WHAT TO PRODUCE
Between the line containing "filename crates/ghost_list/src/lib.rt" and the line containing "#[derive(Drop)]" lies a run of lines; give that run again exactly, with both of those lines, and nothing else from the entries below.

[Collected data entries]
::::

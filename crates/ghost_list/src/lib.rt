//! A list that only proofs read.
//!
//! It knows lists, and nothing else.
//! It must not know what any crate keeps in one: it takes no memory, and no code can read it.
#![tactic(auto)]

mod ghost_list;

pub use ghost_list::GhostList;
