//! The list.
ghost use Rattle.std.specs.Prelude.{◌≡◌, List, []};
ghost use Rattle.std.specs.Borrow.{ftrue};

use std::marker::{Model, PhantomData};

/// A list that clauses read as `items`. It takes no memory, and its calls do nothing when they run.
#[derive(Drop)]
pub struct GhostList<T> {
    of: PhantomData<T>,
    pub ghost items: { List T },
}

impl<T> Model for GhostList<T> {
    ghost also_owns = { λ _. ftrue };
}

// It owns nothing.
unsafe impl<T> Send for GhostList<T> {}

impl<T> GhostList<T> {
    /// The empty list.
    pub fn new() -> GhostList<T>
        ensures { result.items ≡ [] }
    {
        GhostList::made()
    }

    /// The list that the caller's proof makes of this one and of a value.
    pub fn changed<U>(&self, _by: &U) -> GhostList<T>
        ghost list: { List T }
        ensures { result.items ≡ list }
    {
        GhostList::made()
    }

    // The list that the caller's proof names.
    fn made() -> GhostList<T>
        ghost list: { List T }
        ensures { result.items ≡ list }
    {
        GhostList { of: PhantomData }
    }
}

::::

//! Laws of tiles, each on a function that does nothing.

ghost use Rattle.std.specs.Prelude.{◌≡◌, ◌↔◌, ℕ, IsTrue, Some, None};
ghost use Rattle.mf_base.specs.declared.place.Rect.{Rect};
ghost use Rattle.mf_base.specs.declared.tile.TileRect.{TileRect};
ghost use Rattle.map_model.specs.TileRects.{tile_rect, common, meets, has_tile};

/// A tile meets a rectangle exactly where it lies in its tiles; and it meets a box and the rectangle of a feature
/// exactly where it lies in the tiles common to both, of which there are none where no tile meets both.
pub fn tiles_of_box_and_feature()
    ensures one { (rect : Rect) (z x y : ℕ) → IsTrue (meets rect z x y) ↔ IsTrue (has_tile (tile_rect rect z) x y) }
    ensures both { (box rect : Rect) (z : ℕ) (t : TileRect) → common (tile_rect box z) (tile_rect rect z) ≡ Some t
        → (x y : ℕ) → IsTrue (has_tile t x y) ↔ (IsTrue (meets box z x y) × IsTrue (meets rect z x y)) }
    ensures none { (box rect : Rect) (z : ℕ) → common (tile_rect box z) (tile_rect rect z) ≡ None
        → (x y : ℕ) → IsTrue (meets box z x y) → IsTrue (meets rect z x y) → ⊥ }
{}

::::

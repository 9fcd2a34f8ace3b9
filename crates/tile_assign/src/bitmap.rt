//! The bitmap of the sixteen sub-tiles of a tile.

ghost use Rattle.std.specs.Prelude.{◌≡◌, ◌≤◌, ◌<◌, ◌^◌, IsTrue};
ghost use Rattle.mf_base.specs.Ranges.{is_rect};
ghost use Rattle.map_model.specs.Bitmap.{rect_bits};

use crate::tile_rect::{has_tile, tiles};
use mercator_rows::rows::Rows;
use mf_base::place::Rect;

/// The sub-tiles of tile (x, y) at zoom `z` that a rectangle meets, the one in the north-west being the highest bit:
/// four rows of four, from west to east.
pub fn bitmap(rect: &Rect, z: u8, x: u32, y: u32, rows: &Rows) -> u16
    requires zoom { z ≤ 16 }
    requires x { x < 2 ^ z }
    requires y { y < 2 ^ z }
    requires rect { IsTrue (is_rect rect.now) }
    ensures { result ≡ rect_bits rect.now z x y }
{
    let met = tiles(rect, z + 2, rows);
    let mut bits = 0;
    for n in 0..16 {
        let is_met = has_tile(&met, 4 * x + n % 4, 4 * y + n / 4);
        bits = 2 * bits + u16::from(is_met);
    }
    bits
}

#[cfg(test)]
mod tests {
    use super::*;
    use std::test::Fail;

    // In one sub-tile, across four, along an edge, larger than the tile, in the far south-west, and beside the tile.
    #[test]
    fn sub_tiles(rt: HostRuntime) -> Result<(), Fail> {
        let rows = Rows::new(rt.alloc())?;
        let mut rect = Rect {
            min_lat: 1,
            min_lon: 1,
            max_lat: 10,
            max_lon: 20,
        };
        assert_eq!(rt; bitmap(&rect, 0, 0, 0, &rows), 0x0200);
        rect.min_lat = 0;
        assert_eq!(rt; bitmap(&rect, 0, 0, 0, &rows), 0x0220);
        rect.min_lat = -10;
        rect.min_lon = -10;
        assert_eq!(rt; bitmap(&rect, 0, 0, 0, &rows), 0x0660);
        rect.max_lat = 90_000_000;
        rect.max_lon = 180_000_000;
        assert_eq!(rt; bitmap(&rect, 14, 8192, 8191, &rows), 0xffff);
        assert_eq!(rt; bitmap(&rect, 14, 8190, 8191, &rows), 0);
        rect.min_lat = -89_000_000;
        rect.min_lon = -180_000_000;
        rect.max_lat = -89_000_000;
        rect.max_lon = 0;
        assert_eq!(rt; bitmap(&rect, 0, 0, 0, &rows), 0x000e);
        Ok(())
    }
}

::::

RESPONSE TO THE EXERCISE
filename crates/ghost_list/src/lib.rt
//! A list that only proofs read.
//!
//! It knows lists, and nothing else.
//! It must not know what any crate keeps in one: it takes no memory, and no code can read it.
#![tactic(auto)]

mod ghost_list;

pub use ghost_list::GhostList;
//! The list.
ghost use Rattle.std.specs.Prelude.{◌≡◌, List, []};
ghost use Rattle.std.specs.Borrow.{ftrue};

use std::marker::{Model, PhantomData};

/// A list that clauses read as `items`. It takes no memory, and its calls do nothing when they run.
#[derive(Drop)]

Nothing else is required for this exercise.